الدَّربْ واضحْ ---- ---- خــيـلْ الـمـعـاني جَـريَـهـا بـالـلِّساني والـشَّـاعـر إيـسَـمَّـا لـسـانِهْ حـصـانهْ وأنـــا عـلـىَ الـخـيلينْ رَبِّــي هـدانـي عــلـىَ الـرِّمـكْ والـسـابقهْ فــي بـيـانِهْ تـرنـيـمـها عـــزفْ ولــحـونْ الأغــانـي وتَـفـخـيـمها لـلـصـافـيهْ فـــي دنــانـهْ والـلِّـي هـويـتهْ وهــو هــواهْ إهـتواني مـــنْ عــقـبْ هـجـرانـهْ تـغـيَّـر زمـانِـهْ لاهـــــوُ تـــريَّــا أوْ تــهــيَّـا وجــانــي ولا آنــا عـشـانهْ كـنتْ أرضـىَ هـوانهْ يــامــهـرةٍ لـــــي بـالـتِّـغَـلِّـي تــبـانـي كــانـتْ نـصـيبي عَــنْ فــلانْ وفـلانـهْ أغـلـيتها مـغـلي الـغـلاَ وجـيتْ عـاني لـلغاليْ الـلِّي فـي الـغلا خَـذْ ضمانِهْ فـــارسْ حـيـاتـهْ فــي ثـبـاتهْ كـفـاني أثـبـتْ مــنْ أثـبَـتْ ثَـبْتْ ثـابتْ جَـنانِهْ حـصـنِهْ حـصـينْ مـحـصَّنٍ بـالعَياني مـتـحـصِّنْ بـحـصـنِهْ لــنـارَهْ ودخـانـهْ شـاهـدْ شِـهَدْ عـنْ مـحنةٍ وإمـتحاني عــنْ شـاهدْ ومـشهودْ حـانْ إمـتحانهْ وانــــا مــــودِّي دونْ حــــقٍّ جـفـانـي وحـاوَلـتْ أثـنـي عــنْ مـسـارَهْ عـنـانِهْ وعـنـدي دلـيـلْ إنْ لـيلْ يـظلَمْ هـداني عـيـنهْ عـلـىَ شـعـبهْ تـبـاتْ إسْـهَـرانِهْ عـونـي وأخـويِـهْ وإنْ أنـاديـهْ جـانـي وإذا يــنــاديـنـي ألَـــبِّـــي عــشــانـهْ هــــذاكْ بـوخـالـدْ ومـــا عــنـهْ ثــانـي اللهْ رفَـــــعْ قَــــدرَهْ وبـالـعَـقـلْ زانــــهْ والـوَقـتْ فــي أمــرَهْ وطــوعْ الـبـناني مــنْ هـيـبتهْ تـمـوتْ الـنِّفوسْ الـجَبانِهْ أنـــــا وهــــوهْ لــدارنــا بـالـضِّـمـاني عَ قــلــبْ واحـــدْ حـافـظـينْ الأمــانِـهْ مـنْ غيرْ شَكْ إنصونْ شَعبٍ مصاني ونـــــرِدْ عـــدوانــهْ ونــحــفَـظْ كــيـانـهْ ومـنْ سـالفٍ في الوقتْ عشنا زماني مـــعْ جـارنـا والـجـارْ أخْـلَـفْ رهـانـهْ والـجارْ قَـبلْ الـدَّارْ جـا فـي الـمعاني وكـنَّـا نـعـينهْ وهــوُ لـنـا فــي الإعـانِهْ مــنْ مـنـبَتٍ واحــدْ وشَـعـبْ وكِـياني دَمْ ولَــحَـمْ واحدْ وأرضْ وديــــانِــــــهْ وتَــدري قـطَـرْ أنَّــا لَـهـا ظِــلْ دانــي عــنْ الـغـريبْ وعــنْ ضـعـيفْ الـمكانهْ مــا هـي مـصالحْ بـالسياسهْ تـهاني يـاغـيـرْ خـــوِّهْ جـــارْ والــحَـظْ خـانِـهْ وواجـــبْ عـلـيـنا نـنـاصحهْ بِـلْـعلاني إنْ حَــطْ لــهْ أفـعـىَ رَمِــلْ فـي ثـبانِهْ والــذِيـبْ يـاكـلْ م الـكـبارْ الـسِّـماني ســاعَـةْ تــغـادرْ سـربـهـا بـإسـتـهانهْ

A post shared by Mohammed bin Rashid Al Maktoum (@hhshkmohd) on


Saudi Arabia, the UAE and its allies Egypt and Bahrain severed all ties with Qatar on June 5, accusing it of support for extremist groups - a claim Doha denies.

They closed their airspace to Qatari carriers and blocked the emirate's only land border, a vital route for its food imports.

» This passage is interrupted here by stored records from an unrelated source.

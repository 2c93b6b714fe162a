//! Along the fields of a record, one place after another.

ghost use Rattle.std.specs.Prelude.{◌≡◌, ◌+◌, ◌<◌, IsTrue, List, length, slice_index};
ghost use Rattle.wit_model.specs.declared.types.TypeDef.{TypeDef};
ghost use Rattle.wit_model.specs.declared.types.WitType.{WitType};
ghost use Rattle.wit_layout.specs.declared.size_align.SizeAlign.{SizeAlign};
ghost use Rattle.wit_layout.specs.Filled.{IsBehind, IsFilledFor, fits_in_record, have_sizes};
ghost use Rattle.wit_layout.specs.Sizes.{field_offsets};
ghost use Rattle.wit_layout.specs.Told.{IsPairOf};
ghost use Rattle.wit_layout.specs.Tree.{record_of};

use crate::kind::extent_of;
use crate::running_offset::RunningOffset;
use crate::size_align::SizeAlign;
use crate::spread::Spread;
use wit_model::{ArchitectureSize, WitType};

impl RunningOffset {
    /// Before the first field of any record.
    pub fn new() -> RunningOffset
        ensures behind { (sizes : SizeAlign) (types : List WitType) → IsBehind sizes types result }
        ensures nth { result.nth ≡ 0 }
    {
        RunningOffset {
            nth: 0,
            end: Spread::both(0),
        }
    }
}

impl SizeAlign {
    /// Where the next of these types stands in a record of all of them, which has at most 2^31 - 1 bytes where pointers
    /// have 8, as [`SizeAlign::fits_in_record`] tests. It is the place that [`SizeAlign::offset_in`] finds from the first
    /// type on; here it is found from the last place, in a time that does not depend on how many lie behind.
    pub fn next_offset(&self, types: &[WitType], running: &mut RunningOffset) -> ArchitectureSize
        requires sizes { IsTrue (have_sizes self.now types.now) }
        requires room { IsTrue (fits_in_record self.now types.now) }
        requires within { running.old.nth < length types.now }
        requires behind { IsBehind self.now types.now running.old }
        ensures offset { (table : List TypeDef) → IsFilledFor self.now table
            → IsPairOf result (λ w. slice_index (field_offsets w (record_of table types.now)) running.old.nth) }
        ensures behind { IsBehind self.now types.now running.new }
        ensures nth { running.new.nth ≡ running.old.nth + 1 }
    {
        let here = extent_of(self.layouts.as_slice(), types[running.nth]);
        let place = running.end.aligned(here.grain);
        *running = RunningOffset {
            nth: running.nth + 1,
            end: place.plus(here.bytes()),
        };
        place.size()
    }
}
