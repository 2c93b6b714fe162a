//! What each kind of type takes in memory.

ghost use Rattle.std.specs.Prelude.{◌≡◌, ◌+◌, ◌*◌, ◌^◌, ◌<◌, ◌≤◌, length, IfOk, IsTrue};
ghost use Rattle.wit_layout.specs.Extent.{
  extent,
  end,
  places,
  greatest,
  payload_place,
  record_extent,
  variant_extent,
  flags_extent,
};
ghost use Rattle.wit_layout.specs.inside.Grain.{exponent};
ghost use Rattle.wit_layout.specs.inside.Kind.{case_count, part_extents, kind_extent, kind_payload, kind_offsets};
ghost use Rattle.wit_layout.specs.inside.Stored.{seen, seen_type, seen_payload, IsStored};
ghost use Rattle.wit_layout.specs.Told.{IsPairOf, ArePairsOf};
ghost use Rattle.wit_model.specs.Numbered.{kind_numbered};
ghost use Rattle.wit_model.specs.Parts.{parts};
ghost use Rattle.wit_model.specs.TypeOrder.{type_below, payload_below, parts_below};

use crate::grain::Grain;
use crate::parts::Parts;
use crate::spread::Spread;
use crate::stored::StoredExtent;
use crate::type_layout::TypeLayout;
use std::alloc::Global;
use wit_model::{ArchitectureSize, List, OutOfMemory, TypeDefKind, WitType};

/// What a type takes, by the layouts of the entries of the table so far.
#[tactic(auto, unfolding(wit_model::specs::TypeOrder::type_below))]
pub(crate) fn extent_of(layouts: &[TypeLayout], ty: WitType) -> StoredExtent
    requires { IsTrue (type_below (length layouts.now) ty) }
    ensures four { seen 2 result ≡ seen_type 2 layouts.now ty }
    ensures eight { seen 3 result ≡ seen_type 3 layouts.now ty }
{
    match ty {
        WitType::Bool | WitType::U8 | WitType::S8 => StoredExtent::number(1, Grain::One),
        WitType::U16 | WitType::S16 => StoredExtent::number(2, Grain::Two),
        WitType::U32 | WitType::S32 | WitType::F32 => StoredExtent::number(4, Grain::Four),
        WitType::Char | WitType::ErrorContext => StoredExtent::number(4, Grain::Four),
        WitType::U64 | WitType::S64 | WitType::F64 => StoredExtent::number(8, Grain::Eight),
        WitType::String => StoredExtent::pointer_and_length(),
        WitType::Id(id) => layouts[id.0 as usize].extent,
    }
}

#[tactic(auto, unfolding(wit_model::specs::TypeOrder::payload_below))]
fn extent_of_payload(layouts: &[TypeLayout], payload: Option<WitType>) -> StoredExtent
    requires { IsTrue (payload_below (length layouts.now) payload) }
    ensures four { seen 2 result ≡ seen_payload 2 layouts.now payload }
    ensures eight { seen 3 result ≡ seen_payload 3 layouts.now payload }
{
    match payload {
        None => StoredExtent::number(0, Grain::One),
        Some(ty) => extent_of(layouts, ty),
    }
}

/// The parts of a kind.
fn parts_of(layouts: &[TypeLayout], kind: &TypeDefKind) -> Parts
    requires below { IsTrue (parts_below (length layouts.now) kind.now) }
    requires numbered { IsTrue (kind_numbered kind.now) }
    ensures end4 { result.end.at4 ≡ end (part_extents (seen_payload 2 layouts.now) kind.now) 0 }
    ensures end8 { result.end.at8 ≡ end (part_extents (seen_payload 3 layouts.now) kind.now) 0 }
    ensures greatest4 { extent (exponent 2 result.grain) result.largest.at4
        ≡ greatest (part_extents (seen_payload 2 layouts.now) kind.now) }
    ensures greatest8 { extent (exponent 3 result.grain) result.largest.at8
        ≡ greatest (part_extents (seen_payload 3 layouts.now) kind.now) }
    ensures bounded { result.end.at8 ≤ length (parts kind.now) * 2 ^ 32 }
{
    let mut all = Parts::none();
    for nth in 0..kind.part_count() {
        all = all.with(extent_of_payload(layouts, kind.part(nth)));
    }
    all
}

fn case_count(kind: &TypeDefKind) -> usize
    ensures { result ≡ case_count kind.now }
{
    match kind {
        TypeDefKind::Option(_) | TypeDefKind::Result(_, _) => 2,
        TypeDefKind::Variant(members) => members.len(),
        TypeDefKind::Enum(members) => members.len(),
        _ => 0,
    }
}

/// So many flags: a byte, two bytes, or a word of four bytes for each 32.
fn flags(count: usize) -> StoredExtent
    requires { count < 2 ^ 32 }
    ensures four { seen 2 result ≡ flags_extent count }
    ensures eight { seen 3 result ≡ flags_extent count }
{
    match count {
        0..=8 => StoredExtent::number(1, Grain::One),
        9..=16 => StoredExtent::number(2, Grain::Two),
        _ => StoredExtent::number(4 * ((count as u64 + 31) / 32), Grain::Four),
    }
}

/// What a kind takes, if it can be stored.
#[tactic(auto, unfolding(wit_model::specs::TypeOrder::parts_below, wit_model::specs::TypeOrder::payload_below, wit_model::specs::Parts::parts, wit_model::specs::Numbered::kind_numbered, wit_model::specs::Numbered::is_short))]
pub(crate) fn extent_of_kind(layouts: &[TypeLayout], kind: &TypeDefKind) -> Option<StoredExtent>
    requires below { IsTrue (parts_below (length layouts.now) kind.now) }
    requires numbered { IsTrue (kind_numbered kind.now) }
    ensures { IsStored result (λ w. kind_extent w (seen_payload w layouts.now) kind.now) }
{
    match kind {
        TypeDefKind::Alias(ty) => Some(extent_of(layouts, *ty)),
        TypeDefKind::List(_) | TypeDefKind::Map(_, _) => Some(StoredExtent::pointer_and_length()),
        TypeDefKind::FixedLengthList(element, n) => extent_of(layouts, *element).repeated(*n),
        TypeDefKind::Tuple(_) | TypeDefKind::Record(_) => record_of_kind(layouts, kind),
        TypeDefKind::Option(_) | TypeDefKind::Result(_, _) => variant_of_kind(layouts, kind),
        TypeDefKind::Variant(_) | TypeDefKind::Enum(_) => variant_of_kind(layouts, kind),
        TypeDefKind::Flags(members) => Some(flags(members.len())),
        _ => Some(StoredExtent::number(4, Grain::Four)),
    }
}

fn record_of_kind(layouts: &[TypeLayout], kind: &TypeDefKind) -> Option<StoredExtent>
    requires below { IsTrue (parts_below (length layouts.now) kind.now) }
    requires numbered { IsTrue (kind_numbered kind.now) }
    ensures { IsStored result (λ w. record_extent (part_extents (seen_payload w layouts.now) kind.now)) }
{
    parts_of(layouts, kind).record()
}

fn variant_of_kind(layouts: &[TypeLayout], kind: &TypeDefKind) -> Option<StoredExtent>
    requires below { IsTrue (parts_below (length layouts.now) kind.now) }
    requires numbered { IsTrue (kind_numbered kind.now) }
    ensures { IsStored result
        (λ w. variant_extent (case_count kind.now) (greatest (part_extents (seen_payload w layouts.now) kind.now))) }
{
    parts_of(layouts, kind).variant(case_count(kind))
}

fn payload_of_cases(layouts: &[TypeLayout], kind: &TypeDefKind) -> ArchitectureSize
    requires below { IsTrue (parts_below (length layouts.now) kind.now) }
    requires numbered { IsTrue (kind_numbered kind.now) }
    ensures { IsPairOf result
        (λ w. payload_place (case_count kind.now) (greatest (part_extents (seen_payload w layouts.now) kind.now))) }
{
    parts_of(layouts, kind).payload(case_count(kind)).size()
}

/// Where the payload of a kind with cases stands, for an enum where one would stand; 0 for each other kind.
pub(crate) fn payload_of_kind(layouts: &[TypeLayout], kind: &TypeDefKind) -> ArchitectureSize
    requires below { IsTrue (parts_below (length layouts.now) kind.now) }
    requires numbered { IsTrue (kind_numbered kind.now) }
    ensures { IsPairOf result (λ w. kind_payload (seen_payload w layouts.now) kind.now) }
{
    match kind {
        TypeDefKind::Option(_) | TypeDefKind::Result(_, _) => payload_of_cases(layouts, kind),
        TypeDefKind::Variant(_) | TypeDefKind::Enum(_) => payload_of_cases(layouts, kind),
        _ => ArchitectureSize {
            bytes: 0,
            pointers: 0,
        },
    }
}

fn places_of(
    alloc: Global,
    layouts: &[TypeLayout],
    kind: &TypeDefKind,
) -> Result<List<ArchitectureSize>, OutOfMemory>
    requires below { IsTrue (parts_below (length layouts.now) kind.now) }
    requires numbered { IsTrue (kind_numbered kind.now) }
    ensures { IfOk result
        (λ offsets. ArePairsOf offsets (λ w. places (part_extents (seen_payload w layouts.now) kind.now) 0)) }
{
    let mut offsets = List::new(alloc);
    let mut end = Spread::both(0);
    for nth in 0..kind.part_count() {
        let part = extent_of_payload(layouts, kind.part(nth));
        let place = end.aligned(part.grain);
        offsets.push(place.size())?;
        end = place.plus(part.bytes());
    }
    Ok(offsets)
}

/// Where the fields of a record or a tuple stand, or key and value in an entry of a map; else empty.
pub(crate) fn offsets_of_kind(
    alloc: Global,
    layouts: &[TypeLayout],
    kind: &TypeDefKind,
) -> Result<List<ArchitectureSize>, OutOfMemory>
    requires below { IsTrue (parts_below (length layouts.now) kind.now) }
    requires numbered { IsTrue (kind_numbered kind.now) }
    ensures { IfOk result
        (λ offsets. ArePairsOf offsets (λ w. kind_offsets (seen_payload w layouts.now) kind.now)) }
{
    match kind {
        TypeDefKind::Map(_, _) | TypeDefKind::Tuple(_) => places_of(alloc, layouts, kind),
        TypeDefKind::Record(_) => places_of(alloc, layouts, kind),
        _ => Ok(List::new(alloc)),
    }
}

They also ordered all Qataris to leave and their own nationals to return home.

Last week, Riyadh laid down a list of 13 "non-negotiable" demands for Doha, including ending its support for the Muslim Brotherhood, the closure of Al-Jazeera television, a downgrade of diplomatic ties with Iran and the shutdown of a Turkish military base in the emirate.

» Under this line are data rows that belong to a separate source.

//! Alignments, in bytes.

ghost use Rattle.std.specs.Prelude.{◌≡◌, ◌^◌, ◌<◌, ◌≤◌, max};
ghost use Rattle.wit_layout.specs.inside.Grain.{exponent};
ghost use Rattle.wit_model.specs.Size.{alignment_at};

use wit_model::Alignment;

/// An alignment that types have, in bytes.
#[derive(Clone, Copy, Debug)]
pub(crate) enum Grain {
    One,
    Two,
    Four,
    Pointer,
    Eight,
}

impl Grain {
    /// In bytes, where a pointer has 4.
    pub(crate) fn at4(self) -> u64
        ensures value { result ≡ 2 ^ exponent 2 self }
        ensures some { 0 < result }
        ensures bounded { result ≤ 8 }
    {
        match self {
            Grain::One => 1,
            Grain::Two => 2,
            Grain::Four | Grain::Pointer => 4,
            Grain::Eight => 8,
        }
    }

    /// In bytes, where a pointer has 8.
    pub(crate) fn at8(self) -> u64
        ensures value { result ≡ 2 ^ exponent 3 self }
        ensures some { 0 < result }
        ensures bounded { result ≤ 8 }
    {
        match self {
            Grain::One => 1,
            Grain::Two => 2,
            Grain::Four => 4,
            Grain::Pointer | Grain::Eight => 8,
        }
    }

    /// The greater alignment.
    pub(crate) fn max(self, other: Grain) -> Grain
        ensures four { exponent 2 result ≡ max (exponent 2 self) (exponent 2 other) }
        ensures eight { exponent 3 result ≡ max (exponent 3 self) (exponent 3 other) }
    {
        match (self, other) {
            (Grain::Eight, _) | (_, Grain::Eight) => Grain::Eight,
            (Grain::Pointer, _) | (_, Grain::Pointer) => Grain::Pointer,
            (Grain::Four, _) | (_, Grain::Four) => Grain::Four,
            (Grain::Two, _) | (_, Grain::Two) => Grain::Two,
            (Grain::One, Grain::One) => Grain::One,
        }
    }

    /// The alignment as users of the crate see it.
    pub(crate) fn alignment(self) -> Alignment
        ensures four { alignment_at result 4 ≡ 2 ^ exponent 2 self }
        ensures eight { alignment_at result 8 ≡ 2 ^ exponent 3 self }
    {
        match self {
            Grain::One => Alignment::Bytes(1),
            Grain::Two => Alignment::Bytes(2),
            Grain::Four => Alignment::Bytes(4),
            Grain::Pointer => Alignment::Pointer,
            Grain::Eight => Alignment::Bytes(8),
        }
    }
}
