//! Which members are still to be gone through, of types within one another.

ghost use Rattle.std.specs.Prelude.{◌≡◌, ◌<◌, ◌≤◌, ◌-◌, ◌++◌, ◌∷◌, [], MatchOption, drop, length};

use crate::sequence::{member, member_count};
use wit_model::{TypeDef, WitType};

/// The members of an entry of the table from one on.
#[derive(Clone, Copy)]
pub(crate) struct Run {
    pub(crate) at: usize,
    pub(crate) nth: usize,
}

/// The members that are still ahead, in runs of which the last comes first. There is room for seventeen runs, and of more
/// the nearest are kept: each type has a word, so that no word of the others is among the first seventeen.
#[derive(Clone, Copy)]
pub(crate) struct Ahead {
    pub(crate) runs: [Run; 17],
    pub(crate) count: usize,
    ghost bounded: { count ≤ 17 },
    ghost whole: { length runs ≡ 17 },
}

impl Ahead {
    ghost use Rattle.wit_layout.specs.inside.Ahead.{ArePut, AreRuns, ahead_members, runs};

    /// No member.
    pub(crate) fn none() -> Ahead
        ensures { runs result ≡ [] }
    {
        Ahead {
            runs: [Run { at: 0, nth: 0 }; 17],
            count: 0,
        }
    }

    /// Leaves out the farthest run, where there is no room for one more.
    fn make_room(&mut self)
        ensures room { self.new.count < 17 }
        ensures runs { runs self.new ≡ drop (self.old.count - 16) (runs self.old) }
    {
        if self.count == 17 {
            self.runs.rotate_left(1);
            self.count -= 1;
        }
    }

    /// One run more, which comes first.
    fn push(&mut self, run: Run)
        requires { self.old.count < 17 }
        ensures { runs self.new ≡ runs self.old ++ run ∷ [] }
    {
        self.runs[self.count] = run;
        self.count += 1;
    }

    /// The members of an entry come first, where it has any.
    pub(crate) fn put(&mut self, types: &[TypeDef], at: usize)
        requires within { at < length types.now }
        requires valid { AreRuns types.now self.old }
        ensures valid { AreRuns types.now self.new }
        ensures members { ArePut types.now at self.old self.new }
    {
        if member_count(&types[at].kind) > 0 {
            self.make_room();
            self.push(Run { at, nth: 0 });
        }
    }

    /// The first member, which is not ahead any more.
    pub(crate) fn next(&mut self, types: &[TypeDef]) -> Option<Option<WitType>>
        requires valid { AreRuns types.now self.old }
        ensures valid { AreRuns types.now self.new }
        ensures members { MatchOption result (ahead_members types.now self.old ≡ [])
            (λ first. ahead_members types.now self.old ≡ first ∷ ahead_members types.now self.new) }
    {
        if self.count == 0 {
            return None;
        }
        let last = self.count - 1;
        let Run { at, nth } = self.runs[last];
        let kind = &types[at].kind;
        let end = member_count(kind);
        if nth + 1 < end {
            self.runs[last] = Run { at, nth: nth + 1 };
        } else {
            self.count = last;
        }
        Some(member(kind, nth))
    }
}
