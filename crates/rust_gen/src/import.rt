//! The wrapper of an imported function.

ghost use Rattle.std.specs.Prelude.{◌≡◌, true, IfOk};
ghost use Rattle.wit_model.specs.Distinct.{is_distinct};
ghost use Rattle.wit_model.specs.IndexRange.{function_in_range};
ghost use Rattle.wit_model.specs.WellFormed.{IsWellFormed};
ghost use Rattle.gen_accept.specs.DeclaredNames.{param_idents};
ghost use Rattle.type_defs.specs.ParamType.{HasFacts};
ghost use Rattle.wrapper_closing.specs.Parts.{CanWriteFunction};
ghost use Rattle.rust_gen.specs.Body.{AreImportParts, IsImportCode, IsImportHead, IsImportMade};
ghost use Rattle.rust_gen.specs.Known.{AreAtHand, HasCode};
ghost use Rattle.rust_gen.specs.Wrapper.{printed_param, root_module};

use crate::fixed_name::fixed_name;
use crate::signature::{printed_params, printed_result};
use crate::sites::import_sites;
use func_gen::TypeTables;
use gen_accept::param_idents;
use rust_tree::{Block, FnItem, FnParam, RuntimeItem, TypeExpr, to_rust_ident};
use std::alloc::Global;
use type_defs::doc_lines;
use type_facts::Types;
use wit_model::{Function, List, OutOfMemory, Resolve, Text};
use wrapper_closing::{BodyParts, import_block, import_body};

/// The wrapper of an import as it looks from outside, without its body.
#[derive(Drop)]
pub(crate) struct ImportHead {
    docs: List<Text>,
    name: Text,
    params: List<FnParam>,
    result: TypeExpr,
}

/// The module of the core imports.
#[tactic(auto, unfolding(crate::specs::Wrapper::root_module))]
fn root_module(alloc: Global) -> Result<Text, OutOfMemory>
    ensures { IfOk result (λ name. name ≡ root_module) }
{
    Text::from_str(alloc, "$root")
}

fn import_parts<'a>(
    alloc: Global,
    resolve: &Resolve,
    tables: &'a TypeTables,
    f: &Function,
) -> Result<BodyParts<'a>, OutOfMemory>
    requires well { IsWellFormed resolve.now }
    requires distinct { is_distinct (param_idents f.now) ≡ true }
    requires tables { AreAtHand resolve.now.types tables.now }
    ensures { IfOk result (AreImportParts resolve.now.types tables.now.sites f.now) }
{
    let home = root_module(alloc)?;
    let names = param_idents(alloc, f.params.as_slice())?;
    let area = fixed_name(alloc, names.as_slice(), "ret_area")?;
    let cleanup = fixed_name(alloc, names.as_slice(), "cleanup_list")?;
    let params = import_sites(alloc, f.params.as_slice())?;
    Ok(BodyParts {
        tables,
        home,
        area,
        cleanup,
        params,
    })
}

/// The block of the wrapper's body, and the items of `_rt` that it asks for.
fn import_code(
    alloc: Global,
    resolve: &Resolve,
    tables: &TypeTables,
    f: &Function,
) -> Result<(Block, List<RuntimeItem>), OutOfMemory>
    requires well { IsWellFormed resolve.now }
    requires within { function_in_range resolve.now f.now ≡ true }
    requires code { HasCode resolve.now.types f.now }
    requires writes { CanWriteFunction resolve.now.types tables.now.sites f.now }
    requires distinct { is_distinct (param_idents f.now) ≡ true }
    requires tables { AreAtHand resolve.now.types tables.now }
    ensures { IfOk result (λ made. IsImportCode resolve.now.types tables.now.sites f.entry made.0 made.1) }
{
    let parts = import_parts(alloc, resolve, tables, f)?;
    let area = parts.area.copy(alloc)?;
    let body = import_body(alloc, resolve, f, parts)?;
    let made = import_block(alloc, area, body)?;
    Ok(made)
}

fn import_head(
    alloc: Global,
    resolve: &Resolve,
    facts: &Types,
    f: &Function,
) -> Result<ImportHead, OutOfMemory>
    requires facts { HasFacts resolve.now facts.now }
    requires within { function_in_range resolve.now f.now ≡ true }
    ensures { IfOk result (IsImportHead resolve.now.types f.now) }
{
    Ok(ImportHead {
        docs: doc_lines(alloc, &f.docs)?,
        name: to_rust_ident(alloc, &f.name)?,
        params: printed_params(alloc, resolve, facts, f.params.as_slice())?,
        result: printed_result(alloc, resolve, &f.result)?,
    })
}

/// The wrapper with this head and this body.
fn import_fn(head: ImportHead, body: Block) -> FnItem
    ensures { result ≡ record { docs = head.docs; name = head.name; params = head.params; result = head.result; body = body } }
{
    let ImportHead {
        docs,
        name,
        params,
        result,
    } = head;
    FnItem {
        docs,
        name,
        params,
        result,
        body,
    }
}

/// The wrapper of an imported function, and the items of `_rt` that its body asks for.
pub(crate) fn import_wrapper(
    alloc: Global,
    resolve: &Resolve,
    facts: &Types,
    tables: &TypeTables,
    f: &Function,
) -> Result<(FnItem, List<RuntimeItem>), OutOfMemory>
    requires well { IsWellFormed resolve.now }
    requires within { function_in_range resolve.now f.now ≡ true }
    requires code { HasCode resolve.now.types f.now }
    requires writes { CanWriteFunction resolve.now.types tables.now.sites f.now }
    requires distinct { is_distinct (param_idents f.now) ≡ true }
    requires tables { AreAtHand resolve.now.types tables.now }
    requires facts { HasFacts resolve.now facts.now }
    ensures { IfOk result (λ made. IsImportMade resolve.now.types tables.now.sites f.now made.0 made.1) }
{
    let head = import_head(alloc, resolve, facts, f)?;
    let (body, runtime) = import_code(alloc, resolve, tables, f)?;
    Ok((import_fn(head, body), runtime))
}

The UAE ambassador to Russia Omar Ghobash warned in comments published by Britain's Guardian newspaper on Tuesday that Qatar could face further sanctions if it failed to meet the demands.

Sheikh Mohammed is by no means the first world leader to turn to poetry.

Former US president Jimmy Carter is a published poet. Barack Obama dabbled in poetry in the 1980s and his successor Donald Trump is now the unintentional author of a compilation of tweets and quotes entitled "Bard of the Deal: The poetry of Donald Trump".

Bosnian Serb psychiatrist-turned-politician Radovan Karadzic, sentenced to 40 years in jail by a UN court last year for his part in the 1995 genocide of Muslims in the town of Srebrenica, also fancied himself as a poet, releasing a collection of poetry and a novel, "Miraculous Chronicles of the Night".